Mein erster arbeitsfreier Testausflug (den Messehärtetest hatte sie gut überstanden) führte mich zur vielseits beliebten und oft fotografierten Magnolie vor der Votivkirche.

Mein Fazit: Autofokus ist top. Naheinstellgrenze ist ok (Bilder dazu habt ihr schon hier gesehen). Der digitale Sucher ist nicht ganz meins aber definitiv besser als das analoge Futzelchen der Canon G15, wenn auch natürlich etwas zeitverzögert. In der Hand liegt sie gut, ich mag es, dass man am Objektiv zoomt und nicht an einem Knopf. Optisch ist sie ein Hingucker, vor allem mit meinem bunten Kameragurt.

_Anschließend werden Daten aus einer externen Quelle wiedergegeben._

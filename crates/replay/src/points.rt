//! The calls of points that allocate.
ghost use Rattle.std.specs.Prelude.{◌<◌, ◌^◌};
ghost use Rattle.sec1.specs.Points.{Fits};

use crate::calls::{Outcome, sum_of, tried};
use crate::words::{joined, number, word};
use sec1::{EncodedPoint, Error};
use serde_json::Value;
use std::alloc::{AllocError, Global};

/// Returns what a call gave that has an error.
fn failed(error: Error) -> Outcome {
    match error {
        Error::Memory => Outcome::Memory,
        _ => Outcome::Other,
    }
}

/// Returns what a call gave that makes a text.
fn of_text(res: sec1::Result<String>) -> Outcome {
    match res {
        Ok(text) => sum_of(text.as_bytes()),
        Err(error) => failed(error),
    }
}

/// Returns what a call gave that makes a value of JSON.
fn of_json(res: sec1::Result<Value>) -> Outcome {
    match res {
        Ok(Value::String(text)) => sum_of(text.as_bytes()),
        Ok(_) => Outcome::Other,
        Err(error) => failed(error),
    }
}

/// Returns the ends of the calls of this point.
fn ends<const N: usize, const L: usize>(
    alloc: Global,
    point: &EncodedPoint<N, L>,
) -> Result<String, AllocError>
    requires fits { Fits N L }
    requires size { L < 2 ^ 62 }
{
    let bytes = tried(alloc, "to_bytes", || match point.to_bytes(alloc) {
        Ok(bytes) => sum_of(bytes.as_slice()),
        Err(error) => failed(error),
    });
    let lower = tried(alloc, "to_lower_hex", || of_text(point.to_lower_hex(alloc)));
    let upper = tried(alloc, "to_upper_hex", || of_text(point.to_upper_hex(alloc)));
    let json = tried(alloc, "to_json", || of_json(point.to_json(alloc)));
    let shown = tried(alloc, "Display", || match format!(in alloc; "{point}") {
        Ok(text) => sum_of(text.as_bytes()),
        Err(_) => Outcome::Memory,
    });
    joined(
        alloc,
        "",
        ["point".to_string(alloc), bytes, lower, upper, json, shown],
    )
}

/// Returns the ends of the calls of the point with these bytes.
fn ends_of<const N: usize, const L: usize>(
    alloc: Global,
    bytes: &[u8],
) -> Result<String, AllocError>
    requires fits { Fits N L }
    requires size { L < 2 ^ 62 }
{
    match EncodedPoint::<N, L>::from_bytes(bytes) {
        Ok(point) => ends(alloc, &point),
        Err(_) => "no point".to_string(alloc),
    }
}

/// Returns the line for a point.
pub fn answer(alloc: Global, rest: &[u8]) -> Result<String, AllocError> {
    let (size, digits) = word(rest);
    match hex::decode(alloc, digits) {
        Ok(bytes) => ends_at(alloc, number(size), &bytes),
        Err(_) => "not hexadecimal".to_string(alloc),
    }
}

/// Returns the ends of the calls of the point with these bytes, at field elements of `size` bytes.
fn ends_at(alloc: Global, size: usize, bytes: &[u8]) -> Result<String, AllocError> {
    match size {
        5 => ends_of::<5, 11>(alloc, bytes),
        20 => ends_of::<20, 41>(alloc, bytes),
        24 => ends_of::<24, 49>(alloc, bytes),
        28 => ends_of::<28, 57>(alloc, bytes),
        32 => ends_of::<32, 65>(alloc, bytes),
        40 => ends_of::<40, 81>(alloc, bytes),
        48 => ends_of::<48, 97>(alloc, bytes),
        64 => ends_of::<64, 129>(alloc, bytes),
        66 => ends_of::<66, 133>(alloc, bytes),
        _ => "no such size".to_string(alloc),
    }
}
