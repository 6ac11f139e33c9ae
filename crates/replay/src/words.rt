//! The words of a line.

use std::alloc::{AllocError, Global};

/// Returns the bytes before the first blank, and those after it.
pub fn word(line: &[u8]) -> (&[u8], &[u8]) {
    for count in 0..line.len() {
        if line[count] == b' ' {
            return (&line[..count], &line[count + 1..]);
        }
    }
    (line, &line[line.len()..])
}

/// Returns the number with these decimal digits; other bytes are skipped.
pub fn number(digits: &[u8]) -> usize {
    let mut value = 0usize;
    for &digit in digits.iter() {
        if digit.is_ascii_digit() {
            value = value
                .saturating_mul(10)
                .saturating_add(usize::from(digit & 15));
        }
    }
    value
}

/// Returns the texts with the separator between each two of them, or the first of their errors.
pub fn joined<const N: usize>(
    alloc: Global,
    separator: &str,
    texts: [Result<String, AllocError>; N],
) -> Result<String, AllocError> {
    let (mut line, mut before) = (String::new(alloc), "");
    for text in texts.iter() {
        line.push_str(before)?;
        match text {
            Ok(text) => line.push_str(text)?,
            Err(error) => return Err(*error),
        }
        before = separator;
    }
    Ok(line)
}
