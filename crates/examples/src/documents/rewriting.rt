ghost use Rattle.sec1.specs.Der.{IsReadingFault};
ghost use Rattle.sec1.specs.Errors.{IsAsn1Where};
ghost use Rattle.sec1.specs.Keys.{IsKeyOf, Key};
ghost use Rattle.std.specs.Prelude.{◌≡◌, ◌⊎◌, IfErr, IfOk, MatchResult};

use sec1::{EcPrivateKey, Error, Result};
use std::alloc::Global;

/// Reads a key and writes it again: the bytes that were read.
pub fn key_again(alloc: Global, bytes: &[u8]) -> Result<Vec<u8>>
    ensures same { IfOk result (λ der. der.items ≡ bytes.now) }
    ensures kinds { IfErr result (λ e. IsAsn1Where IsReadingFault e ⊎ (e ≡ Error.Memory)) }
    ensures key { (key : Key) → IsKeyOf key bytes.now
        → MatchResult result (λ der. der.items ≡ bytes.now) (λ e. e ≡ Error.Memory) }
{
    let key = EcPrivateKey::try_from(bytes)?;
    key.to_der(alloc)
}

Sie ist herrlich leicht und auch für meinen Rücken problemlos tragbar, weil sie wortwörtlich kaum ins Gewicht fällt.

Was mir nicht so gefallen hat: die Zeitverzögerung, wenn man ein Bild anschauen will. Es dauert ein wenig, bis die Kamera vom aktiven Modus auf den Play-Modus umschaltet. Grade, wenn es schnell gehen muss, wenn man wissen will, ob man am Motiv etwas nachjustieren sollte, finde ich das etwas störend. Für meine mangelnde Geduld ist das manchmal eine kleine Zerreißprobe, für Menschen mit normalen Geduldsverständnis vermutlich kein Problem 🙂
Die Akkulaufzeit kommt mir im Moment nicht ganz so lange vor, das muss ich aber erst nochmal überprüfen.

Alles in allem bin ich aber sehr happy mit dem Gerät. Sie bietet einstellungstechnisch die meisten Möglichkeiten,die auch die große bietet, obwohl ich gestehen muss, dass ich grade viel mit dem Automatikmodus unterwegs bin, da dieser hier sehr intelligent agiert und meist die gewünschten (richtigen) Ergebnisse liefert. In dünkleren Räumen leistet sie mehr als die D90. Theoretisch könnte man natürlich mit anderen Objektiven erweitern, da mein Wunsch aber vorrangig war, klein und leicht unterwegs zu sein, werde ich versuchen, mir das vorerst nicht anzugewöhnen.

Was mir außerdem gefällt: die Kamera verfügt über ein bewegliches Display, was mir bei eventueller Blätter- und Tropfensuche künftig ein verrenktes am Boden robben ersparen könnte.

Sie wird für mich sicher kein Ersatz für die Große, einfach weil ich die Art und Weise zu fotografieren mit einer Spiegelreflexkamera lieber mag. Das Einstellungsdisplay, die Rädchen, es geht einfach schneller, leichter, ist übersichtlicher. Der Display der Großen ist nicht so sonnenblind, ich kann mir viel schneller ein Bild über die bereits enstandenen Bilder machen, sie liegt durch die Größe besser in der Hand und ich kann präziser fotografieren. Den Zweck, für den die Kleine eingezogen ist, wird sie aber vermutlich gut erfüllen können. Für Messen, zur Dokumentation und zur Befüllung der Social Media Kanäle (hier werde ich beizeiten wohl auch die WLAN-Funktion testen) und immer dann, wenn der Apfel nicht reicht, aber die Große zu schwer ist.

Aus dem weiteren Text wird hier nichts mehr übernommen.